In short nothing seems gained. To creation-Werden-he himself admits that we must resort; he himself admits it, in even a much higher sense, in the Logos, or the alter Deus et idem. Other creations were still possible, from the will of God, and not from His essence, and yet partaking of His goodness. A mere machine could be made happy, but not deserving of happiness; but if God created a Being with a power of choosing good, that Being must have been created with a power of choosing evil; otherwise there is no meaning in the word Choice. And thus we come round again to the necessity arising out of finiteness, with Leibnitz and Plato. For it is evident that by Matter Plato and Plotinus meant Finiteness;-or how else could they call it rò pà ŏv, without any qualities, and yet capable of all?
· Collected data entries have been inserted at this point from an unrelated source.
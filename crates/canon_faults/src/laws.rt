//! What holds of the canonical trees of interfaces that documents without breach declare.

ghost use Rattle.std.specs.Prelude.{ℕ, List};
ghost use Rattle.std.specs.List.{AllByRecursion};
ghost use Rattle.json_tree.specs.Values.{HasDistinctKeys, Json};
ghost use Rattle.json_tree.specs.Grammar.{Spells};
ghost use Rattle.dtdl_terms.specs.declared.interface.Interface.{Interface};
ghost use Rattle.dtdl_terms.specs.declared.uploaded.Uploaded.{Uploaded};
ghost use Rattle.model_read.specs.Uploads.{AreUploaded};
ghost use Rattle.canon_text.specs.Canonical.{set_value};
ghost use Rattle.local_rules.specs.Normal.{HasNormalNumbers};
ghost use Rattle.local_rules.specs.Breaches.{BreaksNoLocalRule};
ghost use Rattle.local_rules.specs.Soundness.{IsSoundInterface, IsSoundlyDeclared};

/// Read as a document, the canonical tree of interfaces that documents without breach declare breaks no local rule: each
/// of the 34 holds at each of its places.
pub fn break_nothing()
    ensures { (is : List Interface) → AllByRecursion IsSoundlyDeclared is → BreaksNoLocalRule (set_value is) }
{}

/// The numbers of a value that was read from a text are in normal form, and none of its objects has two members of one
/// key.
pub fn numbers_are_normal()
    ensures numbers { (bytes : List ℕ) (v : Json) → Spells bytes v → HasNormalNumbers v }
    ensures keys { (bytes : List ℕ) (v : Json) → Spells bytes v → HasDistinctKeys v }
{}

/// Each interface that a document declares which was read from a text and breaks no local rule is sound: soundly declared, with what
/// follows of that. Such an interface has a declaration, is within the limits, and has types that its canonical tree tells.
pub fn soundly_declared()
    ensures uploads { (bytes : List ℕ) (whole : Json) (nth : ℕ) (us : List Uploaded)
        → Spells bytes whole → BreaksNoLocalRule whole → AreUploaded whole nth us
        → AllByRecursion (λ u. IsSoundInterface u.interface) us }
    ensures sound { (i : Interface) → IsSoundlyDeclared i → IsSoundInterface i }
{}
The whole question of the origin of Evil resolves itself into one. Is the Holy Will good in and of itself, or only relative, that is, as a mean to pleasure, joy, happiness, and the like? If the latter be the truth, no solution can be given of the origin of Evil compatible with the attributes of God; but (as in the problem of the squaring of the circle) we can demonstrate that it is impossible to be solved. If the former be true, as I more than believe, the solution is easy, and almost self-evident. Man cannot be a moral being without having had the choice of good and evil, and he cannot choose good without having been able to choose evil. God, as infinite and self-existing, is the alone One, in whom Freedom and Necessity can be one and the same from the beginning: in all finite beings it must have been arrived at by a primary act, as in Angels, or by a succession of acts as in Man.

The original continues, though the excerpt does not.